ghost use Rattle.std.specs.Prelude.{◌≡◌, ◌<◌, ◌≤◌, [], ◌∷◌, All, None};
ghost use Rattle.map_defs.specs.LinkWords.{IsWithin};

use cell_walk::{
    CellWalk, cell, cell_lists, cells, cells_of, components, counts, least, orbit, orbits_of,
    reaches, same,
};
use flat_lists::Lists;
use link_rows::{Change, Links, PlainEdit, polygon_edit};
use map_kind::{Alpha, Beta, Dart, Kind, LinkWord};
use std::alloc::{AllocError, Global};
use std::process::Abort;

/// A polygon of so many sides, numbered on from the darts that were made.
fn polygon<K: Kind>(rt: &impl Abort, alloc: Global, links: &mut Links<K, 2>, sides: u32)
    requires low { 3 ≤ sides }
    requires high { sides ≤ 9 }
{
    assert!(rt; K::per_side() <= 2);
    assert!(rt; links.reserve(2 * sides).is_ok());
    match polygon_edit(alloc, links, sides) {
        Ok(edit) => links.apply(&edit),
        Err(_) => panic!(rt; "no memory"),
    }
}

/// A triangle and a square: of the darts 1 to 6 and 7 to 14 in a generalized map, and 1 to 3 and 4 to 7 in a combinatorial
/// map.
fn triangle_and_square<K: Kind>(rt: &impl Abort, alloc: Global) -> Links<K, 2> {
    let mut links = Links::<K, 2>::new(alloc);
    polygon(rt, alloc, &mut links, 3);
    polygon(rt, alloc, &mut links, 4);
    links
}

fn dart(rt: &impl Abort, number: u32) -> Dart {
    Dart::new(number).expect(rt, "0 is no dart")
}

/// Compares the numbers of darts.
fn check(rt: &impl Abort, darts: &[Dart], wanted: &[u32]) {
    assert_eq!(rt; darts.len(), wanted.len());
    for (dart, number) in darts.iter().zip(wanted) {
        assert_eq!(rt; dart.number(), *number);
    }
}

/// Compares the numbers of the darts of lists.
fn check_all(rt: &impl Abort, lists: &Lists<Dart>, wanted: &[&[u32]]) {
    assert_eq!(rt; lists.len(), wanted.len());
    for (place, numbers) in wanted.iter().enumerate() {
        check(rt, lists.list(place), numbers);
    }
}

/// Compares the darts that words lead to from dart 9.
fn check_orbit(
    rt: &impl Abort,
    alloc: Global,
    links: &Links<Alpha, 2>,
    words: &[LinkWord],
    wanted: &[u32],
)
    requires { All (IsWithin 2) words.now }
{
    match orbit(alloc, links, words, dart(rt, 9)) {
        Ok(darts) => check(rt, &darts, wanted),
        Err(_) => panic!(rt; "no memory"),
    }
}

/// Walks along two words of two links, and along one link that is free.
fn check_words(rt: &impl Abort, alloc: Global, links: &Links<Alpha, 2>) {
    let words = [LinkWord::two(0, 1), LinkWord::two(1, 0)];
    check_orbit(rt, alloc, links, &words, &[7, 9, 11, 13]);
    check_orbit(rt, alloc, links, &[LinkWord::one(2)], &[9]);
}

#[test]
fn walks_along_the_words_alone(rt: HostRuntime) {
    let links = triangle_and_square::<Alpha>(&rt, rt.alloc());
    check_words(&rt, rt.alloc(), &links);
}

/// Looks in the face of dart 9 for a dart of it, and for another.
fn check_reaches(rt: &impl Abort, alloc: Global, links: &Links<Alpha, 2>) {
    let face = [LinkWord::one(0), LinkWord::one(1)];
    let from = dart(rt, 9);
    assert_eq!(rt; reaches(alloc, links, &face, from, dart(rt, 13)), Ok(true));
    assert_eq!(rt; reaches(alloc, links, &face, from, dart(rt, 1)), Ok(false));
}

/// Compares the darts of the sides of three darts.
fn check_sides(rt: &impl Abort, alloc: Global, links: &Links<Alpha, 2>) {
    let darts = [dart(rt, 9), dart(rt, 10), dart(rt, 1)];
    match orbits_of(alloc, links, &[LinkWord::one(0)], &darts) {
        Ok(sides) => check(rt, &sides, &[1, 2, 9, 10]),
        Err(_) => panic!(rt; "no memory"),
    }
}

#[test]
fn looks_for_a_dart_and_joins_orbits(rt: HostRuntime) {
    let links = triangle_and_square::<Alpha>(&rt, rt.alloc());
    check_reaches(&rt, rt.alloc(), &links);
    check_sides(&rt, rt.alloc(), &links);
}

/// Compares darts that were found.
fn check_found(rt: &impl Abort, found: Result<Vec<Dart>, AllocError>, wanted: &[u32]) {
    match found {
        Ok(darts) => check(rt, &darts, wanted),
        Err(_) => panic!(rt; "no memory"),
    }
}

/// Compares the darts of the cell of a dart.
fn check_cell<K: Kind, const DIM: usize>(
    rt: &impl Abort,
    alloc: Global,
    links: &Links<K, DIM>,
    dim: usize,
    number: u32,
    wanted: &[u32],
)
    requires { dim ≤ DIM }
{
    check_found(rt, cell(alloc, links, dim, dart(rt, number)), wanted);
}

/// Compares whether two darts lie in one cell.
fn check_same<K: Kind, const DIM: usize>(
    rt: &impl Abort,
    alloc: Global,
    links: &Links<K, DIM>,
    dim: usize,
    pair: (u32, u32),
    wanted: bool,
)
    requires { dim ≤ DIM }
{
    let one = dart(rt, pair.0);
    let other = dart(rt, pair.1);
    assert_eq!(rt; same(alloc, links, dim, one, other), Ok(wanted));
}

/// Compares the least dart of the face of a dart.
fn check_least<K: Kind>(
    rt: &impl Abort,
    alloc: Global,
    links: &Links<K, 2>,
    number: u32,
    wanted: u32,
) {
    assert_eq!(rt;
        least(alloc, links, 2, dart(rt, number)),
        Ok(dart(rt, wanted))
    );
}

/// Asks for the cells of darts in each dimension.
fn check_cells_of_darts(rt: &impl Abort, alloc: Global, links: &Links<Alpha, 2>) {
    check_cell(rt, alloc, links, 0, 1, &[1, 6]);
    check_cell(rt, alloc, links, 1, 14, &[13, 14]);
    check_cell(rt, alloc, links, 2, 9, &[7, 8, 9, 10, 11, 12, 13, 14]);
    check_same(rt, alloc, links, 0, (2, 3), true);
    check_same(rt, alloc, links, 1, (2, 3), false);
    check_least(rt, alloc, links, 9, 7);
}

#[test]
fn finds_the_cells_of_a_dart(rt: HostRuntime) {
    let links = triangle_and_square::<Alpha>(&rt, rt.alloc());
    check_cells_of_darts(&rt, rt.alloc(), &links);
}

/// Asks one walk for the edges of two darts.
fn check_walk(rt: &impl Abort, alloc: Global, links: &Links<Alpha, 2>) {
    match CellWalk::new(alloc, links, 1) {
        Ok(edges) => {
            check_found(rt, edges.cell(alloc, links, dart(rt, 14)), &[13, 14]);
            check_found(rt, edges.cell(alloc, links, dart(rt, 1)), &[1, 2]);
        }
        Err(_) => panic!(rt; "no memory"),
    }
}

#[test]
fn walks_around_cells_of_one_dimension(rt: HostRuntime) {
    let links = triangle_and_square::<Alpha>(&rt, rt.alloc());
    check_walk(&rt, rt.alloc(), &links);
}

/// Compares the darts of the edges of darts.
fn check_edges<K: Kind>(
    rt: &impl Abort,
    alloc: Global,
    links: &Links<K, 2>,
    darts: &[Dart],
    wanted: &[&[u32]],
) {
    match cells_of(alloc, links, 1, darts) {
        Ok(edges) => check_all(rt, &edges, wanted),
        Err(_) => panic!(rt; "no memory"),
    }
}

/// Compares the darts of all cells of a dimension, and how many least darts name them.
fn check_lists<K: Kind>(
    rt: &impl Abort,
    alloc: Global,
    links: &Links<K, 2>,
    dim: usize,
    wanted: &[&[u32]],
)
    requires { dim ≤ 2 }
{
    match cell_lists(alloc, links, dim) {
        Ok(lists) => {
            check_all(rt, &lists.darts, wanted);
            assert_eq!(rt; lists.least.len(), wanted.len());
        }
        Err(_) => panic!(rt; "no memory"),
    }
}

/// The darts of the vertices of a triangle and a square.
const VERTICES: [&[u32]; 7] = [
    &[1, 6],
    &[2, 3],
    &[4, 5],
    &[7, 14],
    &[8, 9],
    &[10, 11],
    &[12, 13],
];

#[test]
fn lists_the_darts_of_cells(rt: HostRuntime) {
    let links = triangle_and_square::<Alpha>(&rt, rt.alloc());
    let darts = [dart(&rt, 14), dart(&rt, 1), dart(&rt, 13)];
    check_edges(
        &rt,
        rt.alloc(),
        &links,
        &darts,
        &[&[13, 14], &[1, 2], &[13, 14]],
    );
    check_lists(&rt, rt.alloc(), &links, 0, &VERTICES);
}

/// Compares the least darts of all cells of a dimension.
fn check_cells(rt: &impl Abort, alloc: Global, links: &Links<Alpha, 2>, dim: usize, wanted: &[u32])
    requires { dim ≤ 2 }
{
    match cells(alloc, links, dim) {
        Ok(least) => check(rt, &least, wanted),
        Err(_) => panic!(rt; "no memory"),
    }
}

/// Compares the least darts of all components.
fn check_components<K: Kind>(rt: &impl Abort, alloc: Global, links: &Links<K, 2>, wanted: &[u32]) {
    match components(alloc, links) {
        Ok(least) => check(rt, &least, wanted),
        Err(_) => panic!(rt; "no memory"),
    }
}

/// Compares how many darts, cells of each dimension, and components there are.
fn check_counts<K: Kind, const DIM: usize>(
    rt: &impl Abort,
    alloc: Global,
    links: &Links<K, DIM>,
    wanted: &[u64],
) {
    match counts(alloc, links) {
        Ok(counts) => assert_eq!(rt; counts.as_slice(), wanted),
        Err(_) => panic!(rt; "no memory"),
    }
}

/// Asks for all cells of a generalized map.
fn check_whole_map(rt: &impl Abort, alloc: Global, links: &Links<Alpha, 2>) {
    check_cells(rt, alloc, links, 0, &[1, 2, 4, 7, 8, 10, 12]);
    check_cells(rt, alloc, links, 2, &[1, 7]);
    check_components(rt, alloc, links, &[1, 7]);
    check_counts(rt, alloc, links, &[14, 7, 7, 2, 2]);
}

#[test]
fn names_and_counts_the_cells_of_a_map(rt: HostRuntime) {
    let links = triangle_and_square::<Alpha>(&rt, rt.alloc());
    check_whole_map(&rt, rt.alloc(), &links);
}

fn change(dart: Dart, link: usize, new: u32) -> Change
    ensures { result ≡ record { dart = dart; link = link; old = 0; new = new } }
{
    Change::new(dart, link, 0, new)
}

/// Two darts that are joined by link 8.
fn two_darts(rt: &impl Abort, alloc: Global, links: &mut Links<Alpha, 8>)
    requires { links.old.rows ≡ None ∷ [] }
{
    let one = Dart::new(1).unwrap();
    let two = Dart::new(2).unwrap();
    assert!(rt; links.reserve(2).is_ok());
    match Vec::from_slice(alloc, &[change(one, 8, 2), change(two, 8, 1)]) {
        Ok(changes) => links.apply_plain(&PlainEdit {
            births: 2,
            deaths: Vec::new(alloc),
            changes,
        }),
        Err(_) => panic!(rt; "no memory"),
    }
}

// Two darts that are joined by link 8 share their cells but for that of dimension 8.
#[test]
fn goes_up_to_dimension_8(rt: HostRuntime) {
    let mut links = Links::<Alpha, 8>::new(rt.alloc());
    two_darts(&rt, rt.alloc(), &mut links);
    check_cell(&rt, rt.alloc(), &links, 7, 2, &[1, 2]);
    check_counts(&rt, rt.alloc(), &links, &[2, 1, 1, 1, 1, 1, 1, 1, 1, 2, 1]);
}

/// Asks for the cells of darts of a combinatorial map.
fn check_directed_cells(rt: &impl Abort, alloc: Global, links: &Links<Beta, 2>) {
    check_cell(rt, alloc, links, 2, 6, &[4, 5, 6, 7]);
    check_same(rt, alloc, links, 0, (1, 2), false);
    check_least(rt, alloc, links, 3, 1);
    let darts = [dart(rt, 7), dart(rt, 2)];
    check_edges(rt, alloc, links, &darts, &[&[7], &[2]]);
}

// The words of a combinatorial map are of its own kind: an edge is its darts alone, and a vertex one dart of each face.
#[test]
fn finds_the_cells_of_a_combinatorial_map(rt: HostRuntime) {
    let links = triangle_and_square::<Beta>(&rt, rt.alloc());
    check_directed_cells(&rt, rt.alloc(), &links);
}

/// Asks for all cells of a combinatorial map.
fn check_whole_directed_map(rt: &impl Abort, alloc: Global, links: &Links<Beta, 2>) {
    check_lists(rt, alloc, links, 2, &[&[1, 2, 3], &[4, 5, 6, 7]]);
    check_components(rt, alloc, links, &[1, 4]);
    check_counts(rt, alloc, links, &[7, 7, 7, 2, 2]);
}

#[test]
fn counts_the_cells_of_a_combinatorial_map(rt: HostRuntime) {
    let links = triangle_and_square::<Beta>(&rt, rt.alloc());
    check_whole_directed_map(&rt, rt.alloc(), &links);
}

/// Two sides in turn, 1 and 2, and the other side 3 of 1.
fn three_sides(rt: &impl Abort, alloc: Global, links: &mut Links<Beta, 2>)
    requires { links.old.rows ≡ None ∷ [] }
{
    let one = Dart::new(1).unwrap();
    let two = Dart::new(2).unwrap();
    let three = Dart::new(3).unwrap();
    let changes = [
        change(one, 1, 2),
        change(two, 0, 1),
        change(one, 2, 3),
        change(three, 2, 1),
    ];
    assert!(rt; links.reserve(3).is_ok());
    match Vec::from_slice(alloc, &changes) {
        Ok(changes) => links.apply_plain(&PlainEdit {
            births: 3,
            deaths: Vec::new(alloc),
            changes,
        }),
        Err(_) => panic!(rt; "no memory"),
    }
}

// The vertex where 1 and 3 meet in 2.
#[test]
fn goes_round_a_vertex_of_a_combinatorial_map(rt: HostRuntime) {
    let mut links = Links::<Beta, 2>::new(rt.alloc());
    three_sides(&rt, rt.alloc(), &mut links);
    check_cell(&rt, rt.alloc(), &links, 0, 2, &[2, 3]);
    check_same(&rt, rt.alloc(), &links, 0, (3, 2), true);
    check_counts(&rt, rt.alloc(), &links, &[3, 2, 2, 2, 1]);
}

= = = = = = =

EXERCISE DESCRIPTION — Go through the listing above and write out exactly the lines starting with the one holding "two_darts(&rt, rt.alloc(), &mut links);" and running through the one holding "darts of a combinatorial map.", ends included, and no others.

SOLUTION —
    two_darts(&rt, rt.alloc(), &mut links);
    check_cell(&rt, rt.alloc(), &links, 7, 2, &[1, 2]);
    check_counts(&rt, rt.alloc(), &links, &[2, 1, 1, 1, 1, 1, 1, 1, 1, 2, 1]);
}

/// Asks for the cells of darts of a combinatorial map.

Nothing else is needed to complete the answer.